First Reserve Corporation to Acquire CHC Helicopter Corporation for Canadian $3.7 Billion in Largest-Ever Oilfield Services Buyout
Market Wire, February, 2008
CHC Helicopter Corporation ("CHC") (TSX: FLY.A)(TSX: FLY.B)(NYSE: FLI), the world's largest provider of helicopter services to the global offshore oil and gas industry, and First Reserve Corporation, the leading private equity firm that specializes in the energy industry, today announced that a fund managed by First Reserve has entered into an agreement to acquire CHC.
CHC and First Reserve believe that the all-cash transaction, which values the company at an adjusted enterprise value of Canadian $3.7 billion, is the largest-ever buyout in the oilfield services industry.
CHC's Chairman of the Board, Mark Dobbin commented, "I'm glad to see that First Reserve recognized the value that was created in CHC over the years, and was able to translate that value into a fair offer for all shareholders. I'm also very pleased to see that First Reserve will carry on CHC's legacy of entrepreneurship, as it builds upon CHC's position as a world class helicopter company."
"This partnership will help us realize our growth potential," said Sylvain Allard, President and Chief Executive Officer of CHC. "First Reserve is an investment company with deep knowledge of the energy industry and views CHC as a great investment platform. First Reserve has strong conviction in the merits of the strategy that has led to CHC's success and will work in partnership with us to continue to execute that same plan and achieve our long-term objectives."
Added Mark McComiskey, Managing Director of First Reserve Corporation, "CHC is an extraordinary company. The European and global leader in oil and gas and search and rescue helicopter services, with the world's largest independent helicopter support business, CHC has a worldwide footprint, the best safety record in the industry and a dynamic management team executing an exciting growth strategy."
Under the terms of the transaction, an affiliate of the First Reserve fund will acquire all outstanding Class A Subordinate Voting Shares and all of the outstanding Class B Multiple Voting Shares of CHC for Canadian $32.68 per Class A Share and Class B Share for an aggregate consideration of approximately Canadian $1.5 billion. Following completion of the transaction CHC's Class A shares and Class B shares will be de-listed and no longer traded publicly. CHC's headquarters will remain in Vancouver, Canada.

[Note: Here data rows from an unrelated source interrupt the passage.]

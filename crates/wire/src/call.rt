// What a clerk asks, as bytes.
//
// The first byte is the call's number. A read and a write go on with the page's number in four bytes, low
// byte first; a write ends with the page's bytes, as many as follow. Whether those are a whole page, and
// whether there is such a page, is for the register to say: here they are only told apart.
ghost use Rattle.std.specs.Prelude.{◌≡◌};
ghost use Rattle.wire.specs.Encoded.{Encoded};
ghost use Rattle.wire.specs.Calls.{call_of, call_bytes, meant, decoded, RoundTrip, OwnBytes, Ceases, Numbered};

use crate::write;

// The calls' numbers are constants, and no enum: a byte is matched by them where bytes are read.
const READ: u8 = 0;

const WRITE: u8 = 1;

const CLOSE: u8 = 2;

const SIZE: u8 = 3;

#[derive(Clone, Copy, Debug, PartialEq, Eq)]
pub enum Call<'a> {
    Read { page: u32 },
    // Holds when it is closed.
    Write { page: u32, bytes: &'a [u8] },
    // All that was written holds from now on, or nothing of it.
    Close,
    // How many pages there are.
    Size,
}

// Bytes that are no call: the place of the first byte that cannot belong to a call after those before it, or
// their length where more had to follow.
#[derive(Clone, Copy, Debug, PartialEq, Eq)]
pub struct NotACall {
    pub place: u32,
}

// The call that the bytes are.
pub fn decode(bytes: &[u8]) -> Result<Call<'_>, NotACall>
    ensures { decoded result ≡ call_of bytes.now }
{
    match bytes {
        [READ, a, b, c, d] => Ok(Call::Read {
            page: u32::from_le_bytes([*a, *b, *c, *d]),
        }),
        [READ, _, _, _, _, ..] => Err(NotACall { place: 5 }),
        [WRITE, a, b, c, d, bytes @ ..] => Ok(Call::Write {
            page: u32::from_le_bytes([*a, *b, *c, *d]),
            bytes,
        }),
        [READ | WRITE, ..] => Err(NotACall {
            place: bytes.len() as u32,
        }),
        [CLOSE] => Ok(Call::Close),
        [SIZE] => Ok(Call::Size),
        [CLOSE | SIZE, ..] => Err(NotACall { place: 1 }),
        _ => Err(NotACall { place: 0 }),
    }
}

// Writes the call's bytes at the front of what is lent and tells how many they are; writes nothing where
// they don't fit.
pub fn encode(call: Call<'_>, out: &mut [u8]) -> Option<usize>
    ensures { Encoded result (call_bytes (meant call.entry)) out.old out.new }
{
    match call {
        Call::Read { page } => {
            let [a, b, c, d] = page.to_le_bytes();
            write(out, &[READ, a, b, c, d], &[])
        }
        Call::Write { page, bytes } => {
            let [a, b, c, d] = page.to_le_bytes();
            write(out, &[WRITE, a, b, c, d], bytes)
        }
        Call::Close => write(out, &[CLOSE], &[]),
        Call::Size => write(out, &[SIZE], &[]),
    }
}

// Calls and bytes fit each other: what is written is read back, and bytes that are a call are that call's
// own. Of bytes that are none, those before the place begin some call, and those with one byte more begin no
// call. And the numbers are those by which the book knows the calls.
pub fn calls_stand()
    ensures back { RoundTrip }
    ensures own { OwnBytes }
    ensures place { Ceases }
    ensures number { Numbered }
{}
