// Calls and answers as bytes.
//
// A clerk's program and the register share nothing but these bytes. So every string of bytes is one call, or
// ceases to be one at a place that can be told; and every call and every answer has one string of bytes, and
// is read back as it was written. Nothing is copied to be read: a write's page stays in the bytes in which it
// came, and is lent from there.
#![tactic(auto)]

ghost use Rattle.std.specs.Prelude.{◌+◌, ◌≤◌, ◌++◌, length};
ghost use Rattle.wire.specs.Encoded.{Encoded};

pub mod answer;
pub mod call;
#[cfg(test)]
mod tests;

// Writes a number with its fields, and the bytes behind them, at the front of what is lent and tells how many
// they are; writes nothing where they don't fit. The front itself is not handed back: of what is lent on, no
// contract could say what all of it holds afterwards.
fn write(out: &mut [u8], head: &[u8], rest: &[u8]) -> Option<usize>
    ensures { Encoded result (head.now ++ rest.now) out.old out.new }
{
    if out.len() < head.len() || out.len() - head.len() < rest.len() {
        return None;
    }
    let end = head.len() + rest.len();
    out[..head.len()].copy_from_slice(head);
    out[head.len()..end].copy_from_slice(rest);
    Some(end)
}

The board of directors of CHC has unanimously approved the entry by CHC into the agreement and recommends that shareholders vote in favour of the transaction.
Merrill Lynch Canada Inc. and Scotia Capital are financial advisors to CHC. Ogilvy Renault LLP and DLA Piper USA LLP are legal counsel to CHC. Simpson Thacher & Bartlett LLP, Blake, Cassels & Graydon LLP and Slaughter and May are legal counsel to the First Reserve fund.
Notes on Terms of the Transaction
The transaction will be completed through a plan of arrangement under the provisions of the Canada Business Corporations Act, subject to the approval of the Supreme Court of British Columbia. Shareholders will be asked to approve the transaction at a special meeting of shareholders, to be called as directed by the Court. Details of the special meeting will be announced shortly. It is anticipated that a proxy circular will be prepared and mailed to shareholders in the month of March providing shareholders with important information about the transaction. Shareholders are urged to read the proxy circular once it is available.
The transaction will require the approval of two-thirds of the votes cast by holders of outstanding Class A Shares (1 vote per share), Class B Shares (10 votes per share) and ordinary shares (1 vote for every 10 shares), voting together as a single class. In addition, the transaction will require the approval of a majority of the Class A Shares, Class B Shares and Ordinary Shares, each voting as a separate class, and in each case excluding shares owned or over which control or direction is exercised by an "interested party" (as defined under applicable securities laws), which term includes certain members of management of CHC who may invest in an affiliate of the First Reserve Fund.
Completion of the transaction is subject to certain conditions, including obtaining approvals or confirmations from certain European aviation regulatory authorities as well as the Canada Transportation Agency regarding the granting or maintaining of required licenses and permits following completion of the transaction. The transaction will also be subject to a number of other customary conditions, including obtaining approval under the Investment Canada Act. The transaction is not subject to any financing condition.
CHC has been advised that the Estate of the late Craig L. Dobbin has entered into an agreement with the purchaser to vote the shares of CHC owned by the Estate in favour of the transaction and to otherwise support its completion, subject to the terms and conditions of such agreement. The Estate holds securities of CHC representing approximately 14%, 95% and 100%, respectively, of the outstanding Class A Shares, Class B Shares and ordinary shares respectively. The sole executor of the Estate is Mark D. Dobbin, the Chairman of CHC. Neither Mr. Dobbin nor the Estate will be entitled to invest in the affiliate of the First Reserve Fund and Mr. Dobbin will not be employed by CHC, the purchaser or any affiliate thereof.